//! Values that outlive their message.
ghost use Rattle.std.specs.Prelude.{◌≡◌, IfOk, OnErr};
ghost use Rattle.j39_groups.specs.Models.{value_of};
ghost use Rattle.j39_memory.specs.Stored.{value_of as stored_value};
ghost use Rattle.j39_reports.specs.RowModels.{kept_value};
ghost use Rattle.j39_reports.specs.SummaryRun.{IsText};

use arrayvec::ArrayVec;
use j39_groups::{Slot, Value};
use j39_io::printing::push_bytes;
use j39_memory::Stored;
use j39_transport::LONGEST;
use std::alloc::{AllocError, Global};

/// A value as a row keeps it; `'t` is how long the table lives.
#[derive(Drop)]
pub enum StoredValue<'t> {
    /// A number, in units of the last printed place, and its scale.
    Number(i64, Slot<'t>),
    On,
    Off,
    Error,
    Reserved,
    Indicator,
    /// A copy of the text.
    Text(Stored<ArrayVec<u8, LONGEST>>),
}

impl<'t> StoredValue<'t> {
    /// The same value. Only a text takes memory.
    #[inline(always)]
    pub fn of(alloc: Global, value: Value<'t, '_>) -> Result<StoredValue<'t>, AllocError>
        ensures kept { IfOk result (λ kept. kept_value kept ≡ value_of value.entry) }
        ensures wanted { OnErr result (IsText (value_of value.entry)) }
    {
        match value {
            Value::Number(number, scale) => Ok(StoredValue::Number(number, scale)),
            Value::On => Ok(StoredValue::On),
            Value::Off => Ok(StoredValue::Off),
            Value::Error => Ok(StoredValue::Error),
            Value::Reserved => Ok(StoredValue::Reserved),
            Value::Indicator => Ok(StoredValue::Indicator),
            Value::Text(text) => match copy_of(alloc, text) {
                Ok(copy) => Ok(StoredValue::Text(copy)),
                Err(AllocError) => Err(AllocError),
            },
        }
    }

    /// Whether it holds memory, which a text alone does.
    #[inline(always)]
    pub(crate) fn is_text(&self) -> bool {
        matches!(self, StoredValue::Text(_))
    }

    /// The value itself.
    pub fn value(&self) -> Value<'t, '_>
        ensures { value_of result ≡ kept_value self.now }
    {
        match self {
            StoredValue::Number(number, scale) => Value::Number(*number, *scale),
            StoredValue::On => Value::On,
            StoredValue::Off => Value::Off,
            StoredValue::Error => Value::Error,
            StoredValue::Reserved => Value::Reserved,
            StoredValue::Indicator => Value::Indicator,
            StoredValue::Text(text) => Value::Text(text.as_slice()),
        }
    }
}

/// A copy of a text. An error comes where memory is refused, and for a text that is longer than any message.
#[inline(never)]
pub(crate) fn copy_of(
    alloc: Global,
    text: &[u8],
) -> Result<Stored<ArrayVec<u8, LONGEST>>, AllocError>
    ensures { IfOk result (λ copy. (stored_value copy).items ≡ text.now) }
{
    if text.len() > LONGEST {
        return Err(AllocError);
    }
    let mut copy = ArrayVec::new();
    push_bytes(&mut copy, text);
    Stored::new(alloc, copy)
}
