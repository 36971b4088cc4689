//! What the readings of a message have in common.
ghost use Rattle.std.specs.Prelude.{◌≡◌};
ghost use Rattle.j39_frame.specs.Stamp.{stamp_micros};
ghost use Rattle.j39_listen.specs.HeardModel.{hearing_of};
ghost use Rattle.j39_reports.specs.MessageHeads.{IsHeadOf, origin_in};

use j39_address::Name;
use j39_frame::{Origin, Stamp};
use j39_listen::Heard;

/// The moment, the sender, the destination and the group of a message; what is small stands side by side, with little between.
#[derive(Clone, Copy, Debug)]
pub struct MessageHead {
    pub stamp: Stamp,
    pub name: Option<u64>,
    pub pgn: u32,
    pub address: u8,
    pub destination: Option<u8>,
}

impl MessageHead {
    /// At the moment 0, of nobody.
    pub fn new() -> MessageHead
        ensures { stamp_micros result.stamp ≡ 0 }
    {
        MessageHead {
            stamp: Stamp::new(0).unwrap(),
            address: 0,
            destination: None,
            name: None,
            pgn: 0,
        }
    }

    /// That of a message.
    #[inline(always)]
    pub fn of(heard: &Heard<'_>) -> MessageHead
        ensures { IsHeadOf result (hearing_of heard.now) }
    {
        MessageHead {
            stamp: heard.message.stamp,
            address: heard.message.source,
            destination: heard.destination,
            name: heard.name.map(Name::raw),
            pgn: heard.message.pgn.raw(),
        }
    }

    /// The origin of a parameter of the message.
    #[inline(always)]
    pub fn origin(&self, spn: u32) -> Origin
        ensures { result ≡ origin_in self.now spn }
    {
        Origin {
            address: self.address,
            destination: self.destination,
            name: self.name,
            pgn: self.pgn,
            spn,
        }
    }
}
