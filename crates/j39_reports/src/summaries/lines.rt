//! The rows of a summary as they are written.
ghost use Rattle.std.specs.Prelude.{◌≡◌, codes, map};
ghost use Rattle.std.specs.Option.{option_map};
ghost use Rattle.j39_frame.specs.declared.origin.Origin.{Origin};
ghost use Rattle.j39_io.specs.Puts.{Puts};
ghost use Rattle.j39_io.specs.Turn.{turn};
ghost use Rattle.j39_memory.specs.ByOrigin.{pairs_of};
ghost use Rattle.j39_reports.specs.RowText.{least_cell, most_cell, origin_columns, row_columns_with, row_in, summary_text, unit_cell, value_cell};
ghost use Rattle.j39_reports.specs.RowsSoFar.{counted};
ghost use Rattle.j39_reports.specs.RowModels.{kept_value, range_of_span, row_shown};
ghost use Rattle.j39_rows.specs.Models.{cell_of, column_of, head_of};
ghost use Rattle.j39_rows.specs.Row.{address_word, or_nothing};

use crate::summaries::rows::Rows;
use crate::summaries::statistics::{NumberRange, Statistics};
use crate::summaries::stored_value::StoredValue;
use j39_frame::Origin;
use j39_groups::Groups;
use j39_io::{DeviceFault, Sink};
use j39_listen::Format;
use j39_rows::{Cell, Column, DASH, Head, Place, Plain};

/// Writes each row, in their order.
pub(crate) fn put_rows<W: Sink>(
    rows: &Rows<'_>,
    form: Format,
    groups: &Groups<'_>,
    sink: &mut W,
) -> Result<(), DeviceFault>
    ensures { Puts (summary_text form groups.now (counted (pairs_of rows.now.absences.counts))
        (map row_shown (pairs_of rows.now.rows)))
        result (turn W.written W.has_failed sink.old sink.new) }
{
    for at in 0..rows.rows.len() {
        let (origin, statistics) = rows.rows.pair_at(at);
        put_row(
            form,
            origin,
            statistics,
            rows.absences.of(origin),
            &*groups,
            sink,
        )?;
    }
    Ok(())
}

/// Writes a row.
fn put_row<'r, W: Sink>(
    form: Format,
    origin: Origin,
    statistics: &'r Statistics<'_>,
    absent: u64,
    groups: &'r Groups<'_>,
    sink: &mut W,
) -> Result<(), DeviceFault>
    ensures { Puts (row_in form groups.now absent (row_shown (origin, statistics.now)))
        result (turn W.written W.has_failed sink.old sink.new) }
{
    let columns = origin_columns(origin);
    let head = row_head(origin, &columns);
    let name = Cell::optional(groups.parameter_name_in(origin.pgn, origin.spn));
    let last = statistics.last.value.value();
    let state = Cell::optional(groups.state_in(origin.pgn, origin.spn, last));
    j39_rows::put_row(
        form,
        head,
        &row_columns(name, statistics, absent, state),
        sink,
    )
}

/// What the row of an origin begins with, of these columns.
fn row_head<'a>(origin: Origin, columns: &'a [Column<'a>; 4]) -> Head<'a>
    ensures { head_of result ≡ record {
      name = codes "address";
      first = address_word origin.address;
      columns = map column_of columns.now;
    } }
{
    Head {
        name: b"address",
        first: Plain::Address(origin.address),
        columns,
    }
}

/// What the row of an origin has behind the address.
fn origin_columns(origin: Origin) -> [Column<'static>; 4]
    ensures { map column_of result ≡ origin_columns origin.destination origin.name origin.pgn origin.spn }
{
    [
        Column::All(
            b"destination",
            Place::IfAny(b">"),
            Cell::address(origin.destination),
        ),
        Column::name(origin.name),
        Column::All(b"pgn", DASH, Cell::number(u64::from(origin.pgn))),
        Column::All(b"spn", DASH, Cell::number(u64::from(origin.spn))),
    ]
}

/// What it has behind the origin, with what the table calls the parameter and the state of the last value.
fn row_columns<'s>(
    name: Cell<'s>,
    statistics: &'s Statistics<'_>,
    absent: u64,
    state: Cell<'s>,
) -> [Column<'s>; 15]
    ensures { (origin : Origin) → map column_of result
        ≡ row_columns_with (cell_of name.entry) absent (row_shown (origin, statistics.now)) (cell_of state.entry) }
{
    let (first, last) = (&statistics.first, &statistics.last);
    let (least, most, unit) = range_cells(&statistics.range);
    [
        Column::BesideLines(b"parameter", name),
        Column::All(b"values", DASH, Cell::number(statistics.count)),
        Column::All(b"words", DASH, Cell::number(statistics.words)),
        Column::All(b"absent", DASH, Cell::number(absent)),
        Column::All(b"first_stamp", DASH, Cell::Is(Plain::Seconds(first.stamp))),
        Column::BesideLines(b"first_utc", Cell::Is(Plain::Utc(first.stamp))),
        Column::All(b"last_stamp", DASH, Cell::Is(Plain::Seconds(last.stamp))),
        Column::BesideLines(b"last_utc", Cell::Is(Plain::Utc(last.stamp))),
        Column::All(b"least", DASH, least),
        Column::All(b"most", DASH, most),
        Column::All(b"unit", DASH, unit),
        Column::All(b"first", DASH, value_cell(&first.value)),
        Column::All(b"last", DASH, value_cell(&last.value)),
        Column::InLines(DASH, name),
        Column::All(b"state", Place::IfAny(b" = "), state),
    ]
}

/// The bounds of the numbers and their unit, if there are numbers.
fn range_cells<'t>(range: &Option<NumberRange<'t>>) -> (Cell<'t>, Cell<'t>, Cell<'t>)
    ensures least { cell_of result.0 ≡ or_nothing least_cell (option_map range_of_span range.now) }
    ensures most { cell_of result.1 ≡ or_nothing most_cell (option_map range_of_span range.now) }
    ensures unit { cell_of result.2 ≡ or_nothing unit_cell (option_map range_of_span range.now) }
{
    match range {
        Some(span) => {
            let places = span.scale.places();
            let least = Cell::Is(Plain::Scaled(span.least, places));
            let most = Cell::Is(Plain::Scaled(span.most, places));
            (least, most, Cell::Text(span.scale.unit()))
        }
        None => (Cell::Nothing, Cell::Nothing, Cell::Nothing),
    }
}

/// A value: a number without its unit.
fn value_cell<'v>(kept: &'v StoredValue<'_>) -> Cell<'v>
    ensures { cell_of result ≡ value_cell (kept_value kept.now) }
{
    match kept {
        StoredValue::Number(number, scale) => Cell::Is(Plain::Scaled(*number, scale.places())),
        StoredValue::On => Cell::Is(Plain::Word(b"on")),
        StoredValue::Off => Cell::Is(Plain::Word(b"off")),
        StoredValue::Error => Cell::Is(Plain::Word(b"error")),
        StoredValue::Reserved => Cell::Is(Plain::Word(b"reserved")),
        StoredValue::Indicator => Cell::Is(Plain::Word(b"indicator")),
        StoredValue::Text(text) => Cell::Sent(text.as_slice()),
    }
}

* PROBLEM REQUIREMENTS
All lines with the word "Indicator" should be copied from the material above.

* SOLVED EXERCISE
    Indicator,
            Value::Indicator => Ok(StoredValue::Indicator),
            StoredValue::Indicator => Value::Indicator,
        StoredValue::Indicator => Cell::Is(Plain::Word(b"indicator")),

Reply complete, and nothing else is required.